This essay contains spoilers for the final season and final episode of “Better Call Saul.”

Today many Catholics view the sacrament of Reconciliation with skepticism. “Why do I need to share my sins with some priest in a box?” “Who cares what he thinks?” It doesn’t take many bad experiences with priests who think the confessional is their chance to sit in judgment of others to make one uninterested in trying it again.

But as I have watched the brilliant TV series “Better Call Saul” come to its conclusion these last few weeks, I‘ve been surprised by its potent reflections on the liberating power of admitting our crimes and the catastrophic burden that sins unexpressed can have on us.

I‘ve been surprised by its potent reflections on the liberating power of admitting our crimes and the catastrophic burden that sins unexpressed can have on us.

“Better Call Saul,” which began in 2013 as a prequel to the widely acclaimed 2008-13 series “Breaking Bad,” is about Saul Goodman (Bob Odenkirk), the crooked lawyer from “Bad” who aided and abetted hero/villain Walter White in his meth business. Set six years before the events of the parent series, “Saul” follows the lawyer under his real name, Jimmy McGill, as he struggles to overcome his lifelong instincts toward the crooked to become a successful lawyer like his demanding older brother Chuck (Michael McKean).

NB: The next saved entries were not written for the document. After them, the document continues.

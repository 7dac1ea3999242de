//! The bytes of a script's messages.

ghost use Rattle.std.specs.Prelude.{◌≡◌, ◌≢◌, not, [], ◌∷◌, ◌++◌, ◌+◌, length, IfOk, IfErr, OnOk, string_bytes, codes, decimal};
ghost use Rattle.std.specs.Io.KnownBytes.{IsAtEnd, Keeps};
ghost use Rattle.std.specs.List.{slice_split};
ghost use Rattle.hex.specs.Hex.{encode_lower};
ghost use Rattle.pgp_frontend.specs.Reading.{IsNamed};
ghost use Rattle.pgp_stream.specs.ClientStream.{AddsMessage};
ghost use Rattle.pgtool_line.specs.Interruptions.{GivesUp, ReadFails};
ghost use Rattle.pgwire_engines.specs.ClientOutput.{ClientOutput, reported};
ghost use Rattle.pgtool_line.specs.Run.{Caused};
ghost use Rattle.pgwire_engines.specs.Command.{Client, IsCut, IsWritten, LacksFor};
ghost use Rattle.pgwire_engines.specs.Output.{line};
ghost use Rattle.pgwire_engines.specs.Request.{asked};
ghost use Rattle.pgwire_engines.specs.Script.{is_newline};
ghost use Rattle.pgwire_engines.specs.Sending.{HasSent, SendsLine, SendsLines, is_opening, lines_left, size_left};

use crate::ports::Input;
use crate::rest::read_rest;
use crate::script::{Request, request_of};
use bytes::BytesMut;
use memchr::memchr;
use pgp_base::{Buffer, Memory};
use pgtool_line::fault::Fault;
use pgtool_line::ports::Output;
use pgtool_line::print::put;
use postgres_protocol::Error;
use postgres_protocol::session::ClientStream;
use std::alloc::Allocator;

/// Why a line was rejected.
#[derive(Debug, Clone, Copy, PartialEq, Eq)]
pub enum LineFault {
    NotUtf8,
    WrongWords,
    WrongPhase,
    Refused(Error),
}

/// What a script comes to: a line of text, and the status.
#[derive(Drop)]
struct Answer<A: Allocator> {
    text: String<A>,
    status: u8,
}

/// Reads a whole script, and then writes the bytes of its messages as a line of hex digits, or reports the
/// first line that is rejected. A newline ends a line, and an empty one asks for nothing.
///
/// # Errors
///
/// Returns `Memory` if an allocation fails and `Read` if reading fails, both before anything is written;
/// `Write` if writing or the flush fails, after a front of what was to be written.
pub fn client<A: Memory, R: Input, W: Output>(
    alloc: A,
    input: &mut R,
    output: &mut W,
) -> Result<u8, Fault>
    ensures read { OnOk result (IsAtEnd (R.remaining input.new)) }
    ensures written { IfOk result (IsWritten Client
        (record { input = R.remaining input.old; output = W.contents output.old })
        (record { input = R.remaining input.new; output = W.contents output.new })) }
    ensures quiet { IfErr result (λ fault. fault ≢ Fault.Write → Keeps (W.contents output.old) (W.contents output.new)) }
    ensures cut { IfErr result (λ fault. fault ≡ Fault.Write → IsCut Client
        (record { input = R.remaining input.old; output = W.contents output.old })
        (record { input = R.remaining input.new; output = W.contents output.new })) }
    ensures passed { OnOk result (W.Passed output.new) }
    ensures cause { IfErr result (Caused A.Lacks (ReadFails R.Fails) (GivesUp W.Fails W.Interrupted)) }
{
    let script = read_rest(alloc, input)?;
    let answer = answer_to(alloc, script.as_slice())?;
    put(answer.text.as_bytes(), output)?;
    Ok(answer.status)
}

/// What is written for a script, and the status.
fn answer_to<A: Memory>(alloc: A, script: &[u8]) -> Result<Answer<A>, Fault>
    ensures lines { IfOk result (λ answer. ClientOutput script.now (string_bytes answer.text) answer.status) }
    ensures fault { IfErr result (λ e. (e ≡ Fault.Memory) × A.Lacks) }
{
    let mut stream = ClientStream::<BytesMut<A>>::new(alloc);
    match send_lines(alloc, script, &mut stream)? {
        None => {
            let text = digits(alloc, stream.bytes())?;
            Ok(Answer { text, status: 0 })
        }
        Some((number, fault)) => {
            let text = refusal(alloc, number, fault)?;
            Ok(Answer { text, status: 1 })
        }
    }
}

/// The bytes as a line of hex digits.
fn digits<A: Memory>(alloc: A, bytes: &[u8]) -> Result<String<A>, Fault>
    ensures line { IfOk result (λ text. string_bytes text ≡ line (encode_lower bytes.now)) }
    ensures fault { IfErr result (λ e. (e ≡ Fault.Memory) × A.Lacks) }
{
    let mut text = A::hex_of(alloc, bytes)?;
    A::push_char(&mut text, '\n')?;
    Ok(text)
}

/// The line that reports a rejected line.
fn refusal<A: Memory>(alloc: A, number: usize, fault: LineFault) -> Result<String<A>, Fault>
    ensures line { IfOk result (λ text. string_bytes text ≡ line (codes "line " ++ decimal number ++ codes ": " ++ reported fault)) }
    ensures fault { IfErr result (λ e. (e ≡ Fault.Memory) × A.Lacks) }
{
    let mut text = String::new(alloc);
    A::push_shown(&mut text, format_args!("line {number}: "))?;
    match fault {
        LineFault::NotUtf8 => A::push_str(&mut text, "not UTF-8\n")?,
        LineFault::WrongWords => A::push_str(&mut text, "wrong words\n")?,
        LineFault::WrongPhase => A::push_str(&mut text, "wrong phase\n")?,
        LineFault::Refused(e) => {
            let n = e.number();
            A::push_shown(&mut text, format_args!("fault {n}\n"))?;
        }
    }
    Ok(text)
}

/// Sends what each line asks for, up to the first line that is rejected, which it answers with its
/// number.
fn send_lines<A: Memory, B: Buffer>(
    alloc: A,
    script: &[u8],
    stream: &mut ClientStream<B>,
) -> Result<Option<(usize, LineFault)>, Fault>
    requires { HasSent [] (B.held stream.old.buf).bytes stream.old.opened }
    ensures lines { IfOk result (SendsLines (slice_split is_newline script.now) (B.held stream.new.buf).bytes stream.new.opened) }
    ensures fault { IfErr result (LacksFor A.Lacks B.Lacks) }
{
    let mut rest = Some(script);
    let mut number = 0usize;
    'lines: while let Some(bytes) = rest {
        let (line, more) = cut_line(bytes);
        number += 1;
        match send_line(alloc, line, stream)? {
            None => rest = more,
            Some(fault) => return Ok(Some((number, fault))),
        }
    }
    Ok(None)
}

/// The first line, and what stands after its newline, if it has one.
fn cut_line(bytes: &[u8]) -> (&[u8], Option<&[u8]>)
    ensures cut { slice_split is_newline bytes.now ≡ result.0.now ∷ lines_left result.1 }
    ensures shorter { length result.0.now + size_left result.1 ≡ length bytes.now }
{
    match memchr(b'\n', bytes) {
        Some(end) => (&bytes[..end], Some(&bytes[end + 1..])),
        None => (bytes, None),
    }
}

/// Sends what a line asks for, or returns why it is rejected.
fn send_line<A: Memory, B: Buffer>(
    alloc: A,
    line: &[u8],
    stream: &mut ClientStream<B>,
) -> Result<Option<LineFault>, Fault>
    ensures line { IfOk result (SendsLine B.held line.now stream.old stream.new) }
    ensures fault { IfErr result (LacksFor A.Lacks B.Lacks) }
{
    if line.is_empty() {
        return Ok(None);
    }
    let Ok(text) = str::from_utf8(line) else {
        return Ok(Some(LineFault::NotUtf8));
    };
    let Some(request) = request_of(alloc, text)? else {
        return Ok(Some(LineFault::WrongWords));
    };
    if opens(&request) == stream.is_open() {
        return Ok(Some(LineFault::WrongPhase));
    }
    match send(&request, stream) {
        Ok(()) => Ok(None),
        Err(Error::OutOfMemory) => Err(Fault::Memory),
        Err(e) => Ok(Some(LineFault::Refused(e))),
    }
}

/// Whether the request has to come before the session is open.
fn opens<A: Allocator>(request: &Request<'_, A>) -> bool
    ensures { result ≡ is_opening (asked request.now) }
{
    matches!(request, Request::Ssl | Request::Startup(..))
}

/// Sends the message that is asked for.
fn send<A: Allocator, B: Buffer>(
    request: &Request<'_, A>,
    stream: &mut ClientStream<B>,
) -> Result<(), Error>
    requires phase { stream.old.opened ≡ not (is_opening (asked request.now)) }
    requires named { IsNamed (asked request.now) }
    ensures { AddsMessage B.held (asked request.now) B.Lacks stream.old stream.new result }
{
    match request {
        Request::Ssl => stream.ssl_request(),
        Request::Startup(version, list) => {
            stream.startup_message_version(*version, list.as_slice())
        }
        Request::Query(text) => stream.query(text),
        Request::Password(text) => stream.password_message(text.as_bytes()),
        Request::Sync => stream.sync(),
        Request::Terminate => stream.terminate(),
    }
}
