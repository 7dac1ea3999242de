//! The commands that print a text: verifiers and escaped texts.

ghost use Rattle.std.specs.Prelude.{◌≡◌, ◌≢◌, ℕ, List, IfOk, IfErr, OnOk};
ghost use Rattle.std.specs.Io.KnownBytes.{Appends, Keeps};
ghost use Rattle.pgp_auth.specs.Lexer.{Identifier};
ghost use Rattle.pgp_auth.specs.Verifier.{verifier, verifier_text};
ghost use Rattle.pgtool_line.specs.Interruptions.{GivesUp, NoRead};
ghost use Rattle.pgwire_engines.specs.Output.{line};
ghost use Rattle.pgtool_line.specs.Run.{Caused};
ghost use Rattle.pgwire_engines.specs.Command.{IsEscapedLiteral};
ghost use Rattle.pgtool_line.specs.Taken.{AppendsFront};

use crate::print::print;
use pgp_base::Memory;
use pgtool_line::fault::Fault;
use pgtool_line::ports::Output;
use postgres_protocol::authentication::sasl::NoPrep;
use postgres_protocol::{escape, password};

/// Prints the SCRAM-SHA-256 verifier of the password's own bytes.
#[tactic(auto, using(crate::proofs::Passwords::unmapped))]
pub fn verifier<A: Memory, W: Output>(
    alloc: A,
    password: &str,
    salt: [u8; 16],
    output: &mut W,
) -> Result<u8, Fault>
    ensures written { OnOk result (Appends (W.contents output.old) (W.contents output.new)
        (line (verifier_text (verifier password.now salt 4096)))) }
    ensures status { IfOk result (λ status. status ≡ 0) }
    ensures quiet { IfErr result (λ fault. fault ≢ Fault.Write → Keeps (W.contents output.old) (W.contents output.new)) }
    ensures cut { IfErr result (λ fault. fault ≡ Fault.Write → AppendsFront (W.contents output.old) (W.contents output.new)
        (line (verifier_text (verifier password.now salt 4096)))) }
    ensures passed { OnOk result (W.Passed output.new) }
    ensures cause { IfErr result (Caused A.Lacks NoRead (GivesUp W.Fails W.Interrupted)) }
{
    match password::scram_sha_256_salt(alloc, password.as_bytes(), salt, &NoPrep) {
        Ok(text) => print(text, output),
        Err(_) => Err(Fault::Memory),
    }
}

/// Prints the text as a string constant.
pub fn escape_literal<A: Memory, W: Output>(
    alloc: A,
    text: &str,
    output: &mut W,
) -> Result<u8, Fault>
    ensures written { OnOk result ((literal : List ℕ) × IsEscapedLiteral text.now literal
        × Appends (W.contents output.old) (W.contents output.new) (line literal)) }
    ensures status { IfOk result (λ status. status ≡ 0) }
    ensures quiet { IfErr result (λ fault. fault ≢ Fault.Write → Keeps (W.contents output.old) (W.contents output.new)) }
    ensures cut { IfErr result (λ fault. fault ≡ Fault.Write → ((literal : List ℕ) × IsEscapedLiteral text.now literal
        × AppendsFront (W.contents output.old) (W.contents output.new) (line literal))) }
    ensures passed { OnOk result (W.Passed output.new) }
    ensures cause { IfErr result (Caused A.Lacks NoRead (GivesUp W.Fails W.Interrupted)) }
{
    match escape::escape_literal(alloc, text) {
        Ok(literal) => print(literal, output),
        Err(_) => Err(Fault::Memory),
    }
}

/// Prints the text as a quoted identifier.
pub fn escape_identifier<A: Memory, W: Output>(
    alloc: A,
    text: &str,
    output: &mut W,
) -> Result<u8, Fault>
    ensures written { OnOk result ((identifier : List ℕ) × Identifier identifier text.now
        × Appends (W.contents output.old) (W.contents output.new) (line identifier)) }
    ensures status { IfOk result (λ status. status ≡ 0) }
    ensures quiet { IfErr result (λ fault. fault ≢ Fault.Write → Keeps (W.contents output.old) (W.contents output.new)) }
    ensures cut { IfErr result (λ fault. fault ≡ Fault.Write → ((identifier : List ℕ) × Identifier identifier text.now
        × AppendsFront (W.contents output.old) (W.contents output.new) (line identifier))) }
    ensures passed { OnOk result (W.Passed output.new) }
    ensures cause { IfErr result (Caused A.Lacks NoRead (GivesUp W.Fails W.Interrupted)) }
{
    match escape::escape_identifier(alloc, text) {
        Ok(identifier) => print(identifier, output),
        Err(_) => Err(Fault::Memory),
    }
}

At the beginning, the story seemed similar to its predecessor. Both starred white men who were desperate to prove themselves and felt emasculated by members of their families. In “Bad,” Walter chafes against the demands he feels his wife Skyler puts upon him. (Walter is in many ways the definition of toxic masculinity, years before people were using that term.) In “Saul,” Jimmy’s brother subtly but constantly grinds away at his self-esteem. And both series appeared to be about those men breaking bad.

But where “Bad” was, in retrospect, about an evil genius who would sometimes hide his villainy from others and himself, the hero of “Saul” was much more relatable, a more or less good man who has his share of demons.

The hero of “Saul” was much more relatable, a more or less good man who has his share of demons.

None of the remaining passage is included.